PUTRAJAYA, Monday 6 September 2010 (Bernama) -- UEM (Group) Bhd has won its appeal to set aside a court decision in ordering the government-linked company to buy out all 49% shares of its joint-venture company with its Singapore partner involving RM81 million.
Justice Datuk Seri Md Raus Shariff, leading a three-man Federal Court panel, ruled that the Court of Appeal was in error when it ordered the buy-out of the shares held by Genisys Integrated Engineers Pte Ltd (GIE) in order to avoid a deadlock.
The panel, which also comprised of Justices Datuk Abdull Hamid Embong and Datuk Heliliah Yusof, restored the High Court's decision which had favoured UEM, by ordering that the joint-venture company, UEM Genisys Sdn Bhd (UEG), be wound up.
In allowing UEM's appeal, Md Raus said the panel was of the view that the Court of Appeal's decision, in wanting to do "complete justice", was in fact doing the opposite.

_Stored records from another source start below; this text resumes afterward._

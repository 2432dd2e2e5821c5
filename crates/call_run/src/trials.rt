//! `refute`: numbered trials of a program, up to the first whose two runs don't agree.

ghost use Rattle.std.specs.Prelude.{◌≡◌, ◌≤◌, IfOk, length};
ghost use Rattle.call_inputs.specs.Plans.{CarriesOut};
ghost use Rattle.call_inputs.specs.Rejections.{UnlessRejected};
ghost use Rattle.call_reports.specs.AnswerViews.{Gets, seen};
ghost use Rattle.call_run.specs.Refutes.{Refutes, RefutesWith, refute_plan, reply_to_trials, report_on_trial};
ghost use Rattle.call_run.specs.Runs.{declared_rejection};
ghost use Rattle.cov_ast.specs.Plain.{plain};
ghost use Rattle.cov_ast.specs.Ready.{IsReady};
ghost use Rattle.cov_ast.specs.View as view;
ghost use Rattle.cov_ast.specs.WellFormed.{IsWellFormed};
ghost use Rattle.cov_expr.specs.declared.limits.TheConstants.{MOST_TRIALS};
ghost use Rattle.refute.specs.Trials.{IsFirstTrial, fit_among, last_of, schedule};
ghost use Rattle.watch.specs.TrialWords as words;

use crate::run::declared;
use call_inputs::read_program;
use call_reports::{Answer, Stop};
use cov_ast::{Parsed, Program};
use cov_expr::{Blob, NoMemory};
use cov_io::Shelf;
use refute::{Trial, Trials, refute as first_apart};
use replay_reports::{apart_report, none_report};
use schedule_replay::Found;
use std::alloc::Global;
use watch::{Maker, raw_word};

/// Runs so many trials of the program of a file, up to the first whose two runs don't agree.
pub fn refute<'w, S: Shelf>(
    alloc: Global,
    name: &'w str,
    trials: u32,
    shelf: &mut S,
) -> Result<Answer<'w>, Stop<'w>>
    requires { trials ≤ MOST_TRIALS }
    ensures { CarriesOut (S.shelved shelf.old) (S.shelved shelf.new) (refute_plan name.now trials) result }
{
    let parsed = read_program(alloc, name, shelf)?;
    refute_text(alloc, parsed, trials)
}

/// Runs trials of what a text spells.
fn refute_text<'w>(alloc: Global, parsed: Parsed, trials: u32) -> Result<Answer<'w>, Stop<'w>>
    requires ready { IsReady (view.parsed parsed) }
    requires few { trials ≤ MOST_TRIALS }
    ensures { let p = view.parsed parsed in Gets (UnlessRejected (declared_rejection p) (Refutes trials p)) result }
{
    let program = declared(alloc, parsed)?;
    let answer = try_program(alloc, &program, trials)?;
    Ok(answer)
}

/// What is answered to so many trials of a program. The function that makes their words is made here.
fn try_program<'w>(alloc: Global, program: &Program, trials: u32) -> Result<Answer<'w>, NoMemory>
    requires formed { IsWellFormed (view.program program.now) }
    requires few { trials ≤ MOST_TRIALS }
    ensures { IfOk result (λ answer. RefutesWith (view.program program.now) trials (seen answer)) }
{
    let make = |trial: u32, side: u32, x: u32| -> u32
        requires { words.IsTrialWord trial side x }
        ensures { result ≡ words.raw_word trial side x }
    { raw_word(trial, side, x) };
    let maker = Maker::new(Box::new(alloc, make)?);
    let shown = first_apart(alloc, program, trials, &maker)?;
    told(alloc, program, trials, &shown, &maker)
}

/// What is answered to so many trials that show this.
fn told<'w>(
    alloc: Global,
    program: &Program,
    trials: u32,
    shown: &Trials,
    maker: &Maker,
) -> Result<Answer<'w>, NoMemory>
    requires formed { IsWellFormed (view.program program.now) }
    requires few { trials ≤ MOST_TRIALS }
    requires first { IsFirstTrial (plain (view.program program.now)) trials shown.now.found }
    requires fit { shown.now.fit ≡ fit_among (plain (view.program program.now)) (last_of trials shown.now.found) }
    ensures { IfOk result (λ answer. seen answer ≡ reply_to_trials (view.program program.now) trials shown.now.found) }
{
    match shown.found {
        Some((number, found)) => {
            let report = trial_report(alloc, program, number, &found, maker)?;
            Ok(Answer::Refuted(report))
        }
        None => {
            let report = none_report(alloc, trials, shown.fit)?;
            Ok(Answer::Ran(report))
        }
    }
}

/// The report on the trial with a number, whose two runs don't agree.
fn trial_report(
    alloc: Global,
    program: &Program,
    number: u32,
    found: &Found,
    maker: &Maker,
) -> Result<Blob, NoMemory>
    requires formed { IsWellFormed (view.program program.now) }
    requires first { 1 ≤ number }
    requires last { number ≤ MOST_TRIALS }
    requires step { found.now.step ≤ length (schedule (plain (view.program program.now)) number) }
    ensures { IfOk result (λ text. text ≡ report_on_trial (view.program program.now) number found.now) }
{
    let trial = Trial::new(alloc, program, number, maker)?;
    let entries = &trial.entries.as_slice()[..found.step as usize];
    apart_report(
        alloc,
        program,
        number,
        found,
        trial.left.as_slice(),
        trial.right.as_slice(),
        entries,
    )
}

"It has done a complete injustice to UEM. The consequential orders (made by the Court of Appeal) were such that they were not sought for and yet astonishingly granted. The total effect of the orders was tantamount to unjust enrichment," he said.

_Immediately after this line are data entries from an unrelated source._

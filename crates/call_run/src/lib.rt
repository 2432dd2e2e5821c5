//! The commands that run a program: `run` and `run-until` once, `pair` twice, side by side, and `refute` so for each of many trials.
//!
//! What is replied stands in `specs/Runs`, `specs/Pairs` and `specs/Refutes`. `specs/Inside` has the words of private contracts, which no promise cites.
#![tactic(auto)]

pub mod pair;
pub mod run;
pub mod run_until;
pub mod trials;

Raus said the appellate court, in giving effect to the buy-out order and adopting the valuation of a valuer which valued UEG at approximately RM81 million, had failed to consider the evidence of GIE's managing director and majority shareholder, Seow Boon Cheng, that UEG did not have any cash balance left in its bank account and that it did not have money to pay its creditors.

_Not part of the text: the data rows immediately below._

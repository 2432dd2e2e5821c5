//! `run-until`: one run of a program up to the first step after which an expression holds.

ghost use Rattle.std.specs.Prelude.{◌≡◌, ◌↔◌, ◌+◌, ◌≤◌, IfOk, IsTrue, length};
ghost use Rattle.replay_inputs.specs.InputViews.{IsRunInput, IsRunOf, run_input};
ghost use Rattle.call_inputs.specs.Plans.{CarriesOut};
ghost use Rattle.call_inputs.specs.Rejections.{UnlessRejected};
ghost use Rattle.call_reports.specs.AnswerViews.{Gets};
ghost use Rattle.call_reports.specs.Replies as replies;
ghost use Rattle.call_run.specs.Inside.{IsStopped, until_plan};
ghost use Rattle.call_run.specs.Runs.{RunsTo, RunsUntil, declared_rejection, run_until_plan};
ghost use Rattle.cov_ast.specs.View as view;
ghost use Rattle.cov_ast.specs.WellFormed.{IsWellFormed};
ghost use Rattle.cov_expr.specs.Entailment.{Holds};
ghost use Rattle.cov_expr.specs.View.{term};
ghost use Rattle.cov_expr.specs.Words.{HasVarsBelow, IsMemory, IsSchedule};
ghost use Rattle.cov_expr.specs.declared.limits.TheConstants.{MOST_ENTRIES, MOST_EXPRESSION_BYTES};
ghost use Rattle.cov_io.specs.Shelves.{Shelved};
ghost use Rattle.source_machine.specs.SourceMachine.{run_of};

use crate::run::declared;
use call_reports::{Answer, Stop};
use cov_ast::Program;
use cov_expr::{Blob, Expr, List, NoMemory, copy, eval};
use cov_io::Shelf;
use replay_inputs::{RunInput, read_expression, read_run};
use replay_reports::stop_report;
use schedule_replay::{Until, run_until as replay_until};
use source_machine::Source;
use std::alloc::Global;
use watch::Watch;

/// Runs the program of a file from a start under a schedule, until an expression holds.
pub fn run_until<'w, S: Shelf>(
    alloc: Global,
    program: &'w str,
    start: &'w str,
    schedule: &'w str,
    expression: &'w str,
    shelf: &mut S,
) -> Result<Answer<'w>, Stop<'w>>
    requires { length expression.now ≤ MOST_EXPRESSION_BYTES }
    ensures { CarriesOut (S.shelved shelf.old) (S.shelved shelf.new)
        (run_until_plan program.now start.now schedule.now expression.now) result }
{
    let input = read_run(alloc, program, start, schedule, shelf)?;
    run_spelled(alloc, input, expression)
}

/// Reads the expression, and runs what was read. All files are read before, whatever the shelf is.
fn run_spelled<'w>(alloc: Global, input: RunInput, word: &str) -> Result<Answer<'w>, Stop<'w>>
    requires fits { IsRunInput input }
    requires short { length word.now ≤ MOST_EXPRESSION_BYTES }
    ensures { (shelf : Shelved) → CarriesOut shelf shelf (until_plan (run_input input) word.now) result }
{
    let expr = read_expression(alloc, word, &input.parsed)?;
    run_on(alloc, input, expr)
}

/// Runs what was read.
fn run_on<'w>(alloc: Global, input: RunInput, expr: Expr) -> Result<Answer<'w>, Stop<'w>>
    requires fits { IsRunInput input }
    requires below { HasVarsBelow (term expr) (length input.parsed.vars) }
    ensures { Gets (UnlessRejected (declared_rejection (view.parsed input.parsed))
        (RunsUntil (record { run = run_input input; expression = term expr }))) result }
{
    let RunInput {
        parsed,
        memory,
        entries,
    } = input;
    let program = declared(alloc, parsed)?;
    Ok(Answer::Ran(ran(alloc, &program, memory, entries.as_slice(), expr)?))
}

/// The report on a run.
fn ran(
    alloc: Global,
    program: &Program,
    memory: List<u32>,
    schedule: &[u32],
    expr: Expr,
) -> Result<Blob, NoMemory>
    requires formed { IsWellFormed (view.program program.now) }
    requires run { IsRunOf program.now memory schedule.now }
    requires below { HasVarsBelow (term expr) (length program.now.vars) }
    ensures { IfOk result (λ text. RunsTo (view.program program.now) memory schedule.now (term expr) (replies.ran text)) }
{
    let mut source = Source::start(alloc, program, memory, schedule.len())?;
    let stop = stop_run(
        alloc,
        &mut source,
        schedule,
        expr,
        program.vars.len() as u32,
    )?;
    stop_report(alloc, program, &source, &stop)
}

/// Runs a machine of so many variables until an expression holds. The test that the watch asks is made here, over a copy of the
/// expression.
fn stop_run(
    alloc: Global,
    source: &mut Source<'_>,
    schedule: &[u32],
    expr: Expr,
    words: u32,
) -> Result<Until, NoMemory>
    requires threads { IsSchedule (length (source.old).program.threads) schedule.now }
    requires entries { length schedule.now ≤ MOST_ENTRIES }
    requires room { length (run_of source.old).outputs + length schedule.now ≤ (source.old).room }
    requires words { words ≡ length (source.old).program.vars }
    requires below { HasVarsBelow (term expr) words }
    ensures stops { IfOk result (λ stop. IsStopped (term expr) source.old source.new schedule.now stop) }
{
    let kept = copy(alloc, &expr)?;
    let test = move |memory: &[u32]| -> bool
        requires { HasVarsBelow (term kept) (length memory.now) }
        ensures { IsTrue result ↔ Holds (term kept) memory.now }
    { eval(&kept, memory) != 0 };
    let watch = Watch::new(Box::new(alloc, test)?, expr, words);
    Ok(replay_until(source, schedule, &watch))
}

"Obviously, a buy-out of UEG's shares is not a viable option. UEG, as rightly found by the trial judge, was insolvent," he said.
UEM, a leading infrastructure conglomerate in Malaysia, held 51% equity in UEG which was formed in 1993, specialising in mechanical and electrical engineering, while Genisys Integrated held the remaining 49%.
However, litigations were commenced in 2000 and 2001 after the joint venture went wrong in mid-1998 following total breakdown of relations between both companies.
In 2008, the High Court made the winding-up order after ruling that there was an act of oppression by GIE but the decision was reversed by the Court of Appeal in the same year, replacing it with consequential order of shares buy-out after recognising that there was a deadlock between the partners.
In his 37-page judgment, Raus also said the findings of the trial judge that Seow, the only witness of GIE, was not a credibile witness and that his evidence was bristled with inconsistencies and half truth, were supported by cogent reasons.
The appellate court, he said, fell into error when it relied on selective documents to indirectly reinstate Seow as a credible witness, without assigning any reason for doing so.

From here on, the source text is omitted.